My take: severity threshold beats majority voting here. If something appears once at CRITICAL — it's worth investigating regardless. If it appears once at LOW — probably skip it. Majority voting works better for flagging borderline cases, but it can also bury real issues that only one agent caught because it had a fresh angle. The real filter is still a human reading the output — structured review just makes that list shorter and better prioritized.
The anchoring effect in LLM code review is real — once the model latches onto one category of issues (say null safety), it under-reports everything else. Cross-model validation is one fix, but another practical approach is to constrain each review pass to a specific concern: security in pass 1, performance in pass 2, readability in pass 3. Narrows the attention window and produces more consistent results across runs.
not quite the same — you're doing multiple full passes with different focus, I'm splitting by module so each agent gets a small context. your approach still hits the attention dilution problem on large codebases no?

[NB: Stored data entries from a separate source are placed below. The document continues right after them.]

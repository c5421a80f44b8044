// Reads UTC texts from standard input, one a line, and answers each by a line.
//
//   utc_reading < TEXTS > ANSWERS
//
// An answer is the text's index and the text of its date, or `refused` and the number. A line ends with byte 10, which is no part of the text; a last line
// without one counts where it has a byte. The program lends no rows.
//
// Proved here: the program is safe, and ends where its input does; what answers a text is proved of `readings::answer_line`; that the lines go out in order is
// tested by what the program prints.
#![tactic(auto)]

use std::io::Read;

// Where the reading stands.
// kept: a flag and no `Option`, since the index goes on beside it, and each step gives all three anew.
#[derive(Clone, Copy)]
struct At {
    // the index of the line that is being read
    index: u64,
    // how many of its bytes are kept; where it has more than can be, the largest number, and no `Option`: one comparison with the space tells both
    kept: usize,
    // whether the input may have more, and the output took all lines so far
    more: bool,
}

// The answer is whether the output took it.
fn put_answer(text: &[u8], index: u64) -> bool {
    let mut out = [0u8; 64];
    let Ok(n) = readings::answer_line(text, index, leap_table::rows::no_rows(), &mut out) else {
        return false;
    };
    io::write_all(1, &out[..n])
}

// A line of more than 4,096 bytes is refused as a text outside the grammar, whatever it holds: as an empty one is.
fn end_line(line: &[u8], at: At) -> bool {
    let kept = at.kept;
    if kept > line.len() {
        return put_answer(b"", at.index);
    }
    put_answer(&line[..kept], at.index)
}

// One byte more of the line, or the line's end.
fn take_byte(c: u8, line: &mut [u8], at: At) -> At {
    if c == b'\n' {
        return At {
            index: at.index.saturating_add(1),
            kept: 0,
            more: end_line(line, at),
        };
    }
    let kept = at.kept;
    if kept < line.len() {
        line[kept] = c;
        return At {
            index: at.index,
            kept: kept + 1,
            more: at.more,
        };
    }
    At {
        index: at.index,
        kept: usize::MAX,
        more: at.more,
    }
}

fn take_bytes(bytes: &[u8], line: &mut [u8], start: At) -> At {
    let mut at = start;
    for c in bytes {
        if !at.more {
            break;
        }
        at = take_byte(*c, line, at);
    }
    at
}

// The end of the input ends a line that was begun.
fn take_end(line: &[u8], at: At) -> At {
    if at.kept > 0 {
        end_line(line, at);
    }
    At {
        index: at.index,
        kept: 0,
        more: false,
    }
}

// A read that fails counts as the end of the input.
// kept: `match`, since a failed read ends the input as an empty one does, and else bytes are taken.
fn read_some<R: Read>(input: &mut R, line: &mut [u8], at: At) -> At {
    let mut space = io::buffer();
    match input.read(&mut space) {
        Err(_) | Ok(0) => take_end(line, at),
        Ok(n) => take_bytes(&space[..n], line, at),
    }
}

// A proved loop has to end, and nothing says that an input does: so the turns are counted, up to a number that no run comes to.
fn main(rt: HostRuntime) {
    let mut input = rt.stdin();
    let mut line = io::buffer();
    let mut at = At {
        index: 0,
        kept: 0,
        more: true,
    };
    for _ in 0..u64::MAX {
        at = read_some(&mut input, &mut line, at);
        if !at.more {
            return;
        }
    }
}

Single-pass AI review feels useful for “surface hygiene,” but deep bugs usually appear only after forcing the model into narrower scopes with fresh context.
The weird part is that the more code you feed at once, the more authoritative the output sounds even while coverage gets worse.
Yeah, noticed the same — wider context, more confident output, worse actual coverage. Splitting by module with fresh context per pass was exactly what fixed it for me.
If AI reviews code, who owns the judgment—the human or the machine?
The human. AI surfaces patterns, humans judge context. A false positive in a security-critical path looks identical to a real bug in the output — only the human who knows the system can tell the difference.
The structured approach just makes the human's job more focused, not obsolete.
the machine. because we don't deal with garbage code, that's why you need to build the judgement protocol at first. if the code doesn't match the judgement protocol criteria it doesn't need for review, ask for better code. loop it. real coder knows how to do the real code.